# hello and a question about common/smooth newts



## horsyqueen (Jun 8, 2011)

hello everyone i am new here and to keeping anphibians (i cant even spell it). i have 3 tanks 2 tropical and one holding newts for trial.

i have a tank(at the moment i will get a larger on with a land area) of smooth newts. they are in a hard water tank like my pond i collected them from.
what do i feed them?
can they live in a tropical tank with community fish?
whats the diffrence between female great crested newts and smoth newts.


----------



## spinnin_tom (Apr 20, 2011)

i've been told it's a big no no keeping newts with fish.
even though they are semi aquatic, they need lots of land so unless you want to give up most of the tank and only have a single fish.. but i still say no.
great crested newts are a different species  they are alos illegal to remove from their habitat


----------



## horsyqueen (Jun 8, 2011)

i know about the great crested newts. i will get a pandilrium when i have space but i think i will just get them their own persanal tank. i also saw two mating but i will need some of the plants that help them breed.


----------



## jme2049 (Jan 11, 2008)

You can't put them in a tropical fish tank!:gasp:
They're from the wild in the UK. The water they would be in in the wild would never be over 20c.


----------



## horsyqueen (Jun 8, 2011)

ok they are happy in my only coldwater tank. i think i have mostly females.
does anyone know when the come out of the water and in again in the seasons.

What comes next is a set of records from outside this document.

//! One action more.

ghost use Rattle.std.specs.Prelude.{◌≡◌, ◌+◌, ◌≤◌, ◌<◌, ◌∷◌, [], All, length, slice_index, IfOk, OnOk, OnErr};
ghost use Rattle.std.specs.Vec.{vec_len, vec_capacity};
ghost use Rattle.er_paths.specs.Limits.{most_actions};
ghost use Rattle.er_clocks.specs.Clock.{StandsForMore, StandsForAgain};
ghost use Rattle.er_clocks.specs.Reached.{links_taken, AreMade, IsReachFrom, IsHeldOff, IsLikeOff};
ghost use Rattle.er_clocks.specs.Shared.{shared, taken, AreShared, IsTakenFrom};

use crate::list::LinkList;
use crate::row::{Row, number_at};
use crate::shared::{Shared, Taken, put_number};
use crate::sources::{Reach, Sources};
use crate::{Chains, Clocks};
use er_io::NoMemory;
use std::alloc::Global;

impl Clocks {
    /// Adds the next action, to which an edge leads from each of these, and answers its number.
    ///
    /// Where the links are those of the newest action, or one alone, each number costs one look-up,
    /// and a row is written only where the action takes another chain than its link.
    /// Else a number that a greater one covers costs one look-up, and so does a link whose own
    /// links are those of the next greater; each other link costs one step a chain.
    pub fn push(&mut self, preds: &[u32]) -> Result<u32, NoMemory>
        requires known { All (λ k. k < length self.old) preds.now }
        requires room { length self.old < most_actions }
        ensures number { IfOk result (λ n. n ≡ length self.old) }
        ensures pushed { OnOk result (StandsForMore self.old preds.now self.new) }
        ensures grown { OnOk result (length self.new ≡ length self.old + 1) }
        ensures kept { OnErr result (self.new ≡ self.old) }
    {
        let alloc = *self.numbers.allocator();
        let sources = self.sources_of(alloc, preds)?;
        self.put(alloc, sources)
    }

    /// Adds the next action, to which edges lead from where they lead to the newest, and answers
    /// its number. That costs a few look-ups, however many they are.
    pub fn push_again(&mut self) -> Result<u32, NoMemory>
        requires begun { 0 < length self.old }
        requires room { length self.old < most_actions }
        ensures number { IfOk result (λ n. n ≡ length self.old) }
        ensures pushed { OnOk result (StandsForAgain self.old self.new) }
        ensures grown { OnOk result (length self.new ≡ length self.old + 1) }
        ensures kept { OnErr result (self.new ≡ self.old) }
    {
        let alloc = *self.numbers.allocator();
        let sources = self.sources_of_newest();
        self.put(alloc, sources)
    }

    /// Adds the next action, with these links and entries.
    fn put(&mut self, alloc: Global, sources: Sources) -> Result<u32, NoMemory>
        requires room { length self.old < most_actions }
        requires links { IsTakenFrom (length self.old) sources.links }
        requires reach { IsReachFrom (length self.old) sources.reach }
        requires made { AreMade self.old sources.links sources.reach }
        ensures number { IfOk result (λ n. n ≡ length self.old) }
        ensures put { OnOk result
            (self.new ≡ links_taken self.old sources.links ∷ self.old) }
        ensures kept { OnErr result (self.new ≡ self.old) }
    {
        let number = self.numbers.len() as u32;
        let chain = self.fit(&sources.reach);
        let place = place_at(&self.chains, chain);
        let row = row_for(&self.rows, &self.numbers, alloc, sources.reach, chain)?;
        let more = count_of(&self.links, &sources.links);
        self.rows.make_room()?;
        self.links.make_room()?;
        make_room_for_numbers(&mut self.numbers, &mut self.places)?;
        self.chains.append(chain)?;
        self.count += more as u64;
        self.rows.put(row);
        self.links.put(sources.links);
        put_number(&mut self.numbers, chain);
        put_number(&mut self.places, place);
        Ok(number)
    }
}

/// The place of the chain's next member.
fn place_at(chains: &Chains, chain: u32) -> u32
    requires { chain ≤ length chains.now }
    ensures { result ≡ slice_index chains.now chain }
{
    if chain < chains.count() {
        chains.length(chain)
    } else {
        0
    }
}

/// The row with these entries, but at the chain that the action itself takes: where it may, that of
/// an earlier action.
fn row_for(
    rows: &Shared<Row>,
    numbers: &[u32],
    alloc: Global,
    reach: Reach,
    chain: u32,
) -> Result<Taken<Row>, NoMemory>
    requires shared { AreShared rows.now.lists.items rows.now.numbers.items }
    requires long { length numbers.now ≡ length rows.now.numbers.items }
    requires known { IsReachFrom (length numbers.now) reach }
    ensures known { IfOk result (λ row. IsTakenFrom (length numbers.now) row) }
    ensures held { IfOk result
        (λ row. IsHeldOff chain (shared [] rows.now.lists.items rows.now.numbers.items)
        numbers.now reach row) }
{
    match reach {
        Reach::Like(j, number) => row_like(rows, numbers, alloc, j, number, chain),
        Reach::Own(row) => Ok(Taken::Own(row)),
    }
}

/// The row of j with this number at its chain.
fn row_like(
    rows: &Shared<Row>,
    numbers: &[u32],
    alloc: Global,
    j: u32,
    number: u32,
    chain: u32,
) -> Result<Taken<Row>, NoMemory>
    requires shared { AreShared rows.now.lists.items rows.now.numbers.items }
    requires long { length numbers.now ≡ length rows.now.numbers.items }
    requires known { j < length numbers.now }
    requires few { number ≤ most_actions }
    ensures known { IfOk result (λ row. IsTakenFrom (length numbers.now) row) }
    ensures held { IfOk result
        (λ row. IsLikeOff chain (shared [] rows.now.lists.items rows.now.numbers.items)
        numbers.now j number row) }
{
    let own = numbers[j as usize];
    if own == chain {
        return Ok(Taken::As(j));
    }
    if number_at(rows.list(j).numbers(), own) == number {
        return Ok(Taken::As(j));
    }
    let row = Row::changed(alloc, rows.list(j).numbers(), own, number)?;
    Ok(Taken::Own(row))
}

/// How many links these are.
fn count_of(links: &Shared<LinkList>, one: &Taken<LinkList>) -> usize
    requires shared { AreShared links.now.lists.items links.now.numbers.items }
    requires known { IsTakenFrom (length links.now.numbers.items) one.now }
    ensures { result
        ≡ length (taken [] (shared [] links.now.lists.items links.now.numbers.items) one.now) }
{
    match one {
        Taken::As(j) => links.list(*j).numbers().len(),
        Taken::Own(list) => list.numbers().len(),
    }
}

fn make_room_for_numbers(numbers: &mut Vec<u32>, places: &mut Vec<u32>) -> Result<(), NoMemory>
    ensures numbers { numbers.new.items ≡ numbers.old.items }
    ensures places { places.new.items ≡ places.old.items }
    ensures numbers_room { OnOk result (vec_len numbers.new < vec_capacity numbers.new) }
    ensures places_room { OnOk result (vec_len places.new < vec_capacity places.new) }
{
    if numbers.reserve(1).is_err() {
        return Err(NoMemory);
    }
    if places.reserve(1).is_err() {
        return Err(NoMemory);
    }
    Ok(())
}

would they hibinate and is it safe as it is not always with all animals.


----------



## spinnin_tom (Apr 20, 2011)

horsyqueen said:


> i know about the great crested newts. i will get a pandilrium when i have space but i think i will just get them their own persanal tank. i also saw two mating but i will need some of the plants that help them breed.


you can't keep crested newts.. it is illegal, they are protected under uk law.
wait.. did you mean the smooth newts?


do not keep them in a tank with fish, you have been told 3 times now, i think :/


----------



## horsyqueen (Jun 8, 2011)

i mean smooth. i will keep them away from my fish.


----------



## spinnin_tom (Apr 20, 2011)

and they seldom go into the water, they are mainly terrestrial i think.
you should provide land at all times though


----------



## horsyqueen (Jun 8, 2011)

i got them a few days ago they do have abit of land at the weekend i will get them a better tank.

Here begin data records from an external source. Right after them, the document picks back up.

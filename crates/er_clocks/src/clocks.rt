//! What is kept for each action, and what may be read.

ghost use Rattle.std.specs.Prelude.{◌≡◌, ◌≤◌, ◌<◌, [], length};
ghost use Rattle.er_paths.specs.Limits.{most_actions};
ghost use Rattle.er_paths.specs.Paths.{joins};
ghost use Rattle.er_paths.specs.links.Chains.{chains, chain_of, place_of, entry};
ghost use Rattle.er_paths.specs.links.Links.{links_of, link_count};
ghost use Rattle.er_clocks.specs.Clock.{StandsFor, Tells};
ghost use Rattle.er_clocks.specs.Rows.{is_covered};

use crate::list::LinkList;
use crate::row::{Number, Row, number_at};
use crate::shared::Shared;
use crate::{Chains, Meter, Paths};
use std::alloc::Global;
use std::marker::Model;

/// For each action its links, its chain and place there, and a row that says how many members of
/// each other chain have a path to it.
/// Many actions share a row, and those with the same links one after the other share these.
/// Callers see the lists of links, newest first.
pub struct Clocks {
    pub(crate) rows: Shared<Row>,
    pub(crate) links: Shared<LinkList>,
    pub(crate) numbers: Vec<u32>,
    pub(crate) places: Vec<u32>,
    pub(crate) chains: Chains,
    pub(crate) count: u64,
}

impl Drop for Clocks {
    fn drop(self) {
        let Clocks {
            rows: _,
            links: _,
            numbers: _,
            places: _,
            chains: _,
            count: _,
        } = self;
    }
}

impl Model for Clocks {
    ghost use Rattle.std.specs.Prelude.{ℕ, List, [], reverse};
    ghost use Rattle.er_clocks.specs.Clock.{IsClock};
    ghost use Rattle.er_clocks.specs.Shared.{shared, AreShared};

    ghost Value = { List (List ℕ) };

    ghost view = { λ c. reverse (shared [] c.links.lists.items c.links.numbers.items) };

    ghost invariant = { λ c.
        IsClock (reverse (shared [] c.links.lists.items c.links.numbers.items))
        (shared [] c.rows.lists.items c.rows.numbers.items)
        c.numbers.items c.places.items c.chains c.count
        × AreShared c.rows.lists.items c.rows.numbers.items
        × AreShared c.links.lists.items c.links.numbers.items };
}

impl Clocks {
    /// No action yet. It takes no memory.
    pub fn new(alloc: Global) -> Self
        ensures empty { length result ≡ 0 }
        ensures stands { StandsFor result [] }
    {
        Clocks {
            rows: Shared::new(alloc),
            links: Shared::new(alloc),
            numbers: Vec::new(alloc),
            places: Vec::new(alloc),
            chains: Chains::new(alloc),
            count: 0,
        }
    }

    /// How many members of the chain have a path to j.
    pub fn entry(&self, j: u32, chain: u32) -> u32
        requires { j < length self.now }
        ensures { Tells self.now (λ lists. result ≡ entry lists j chain) }
    {
        self.own_entry(j, chain)
    }

    /// The chain of j, from 0.
    pub fn chain_of(&self, j: u32) -> u32
        requires { j < length self.now }
        ensures { Tells self.now (λ lists. result ≡ chain_of lists j) }
    {
        self.numbers[j as usize]
    }

    /// The place of j in its chain, from 0.
    pub fn place_of(&self, j: u32) -> u32
        requires { j < length self.now }
        ensures { Tells self.now (λ lists. result ≡ place_of lists j) }
    {
        self.places[j as usize]
    }

    /// The sources of the links into j, ascending.
    pub fn links_of(&self, j: u32) -> &[u16]
        requires { j < length self.now }
        ensures { Tells self.now (λ lists. result.now ≡ links_of lists j) }
    {
        self.links.list(j).numbers()
    }

    pub fn chain_count(&self) -> u32
        ensures { Tells self.now (λ lists. result ≡ length (chains lists)) }
    {
        self.chains.count()
    }

    /// The number of all links.
    pub fn link_count(&self) -> u64
        ensures { Tells self.now (λ lists. result ≡ link_count lists) }
    {
        self.count
    }

    /// Whether a path leads from i to j. It is asked with no meter, and counts no comparison.
    pub fn joined(&self, i: u32, j: u32) -> bool
        ensures { Tells self.now (λ lists. result ≡ joins lists i j) }
    {
        if i > j {
            return false;
        }
        if j >= self.len() {
            return false;
        }
        self.has_path(i, j)
    }

    /// The entry over the kept links. The row of j is not asked for its own chain.
    pub(crate) fn own_entry(&self, j: u32, chain: u32) -> u32
        requires { j < length self.now }
        ensures { result ≡ entry self.now j chain }
    {
        if chain == self.numbers[j as usize] {
            let place = self.places[j as usize];
            place + 1
        } else {
            number_at(self.rows.list(j).numbers(), chain)
        }
    }

    /// Whether the row has as many members of the chain of i as come before i, and one more.
    pub(crate) fn covers(&self, row: &[Number], i: u32) -> bool
        requires { i < length self.now }
        ensures covered { result ≡ is_covered self.now row.now i }
        ensures few { length self.now ≤ most_actions }
    {
        self.places[i as usize] < number_at(row, self.numbers[i as usize])
    }

    /// The same over the kept links, of two actions that have begun.
    pub(crate) fn has_path(&self, i: u32, j: u32) -> bool
        requires first { i < length self.now }
        requires second { j < length self.now }
        ensures { result ≡ joins self.now i j }
    {
        self.places[i as usize] < self.own_entry(j, self.numbers[i as usize])
    }
}

impl Paths for Clocks {
    ghost use Rattle.std.specs.Prelude.{length};
    ghost use Rattle.er_paths.specs.Paths.{joins as joins_over};

    ghost actions = { λ c. length c };

    ghost joins = { λ c i j. joins_over c i j };

    fn len(&self) -> u32 {
        self.numbers.len() as u32
    }

    fn before(&self, i: u32, j: u32, meter: &mut Meter) -> bool {
        meter.rise(1);
        self.has_path(i, j)
    }

    fn first_apart(&self, firsts: &[u32], j: u32, meter: &mut Meter) -> usize {
        let n = self.first_pathless(firsts, j);
        meter.rise((n + 1).min(firsts.len()) as u64);
        n
    }
}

they dont half stare at you. i walked past and they sat there staring.


----------



## sambridge15 (Nov 22, 2009)

just leave em in the wild especially as you have done zero research and have no idea how to care for them not even basic care 

imthinking troll anyways....any 1 else?


----------



## spinnin_tom (Apr 20, 2011)

^you were a beginner too once, sam.

my iberian newts stared a lot lol


----------



## sambridge15 (Nov 22, 2009)

spinnin_tom said:


> ^you were a beginner too once, sam.
> 
> my iberian newts stared a lot lol



yup and i purchased captive bred amphibians after spending a very long time researching/speaking to breeders etc.I had the tank set up 10 weeks in advanced just to make sure i had everything down.....

i didnt take some poor (protected endangered in the case of great crested newt)animal from the wild with no idea how to care for it not even simple things like temp requirment, diet etc these things need to be done before taking an animal into care!would be a different story had the op said im thinking of taking some newts from the wild what should i do?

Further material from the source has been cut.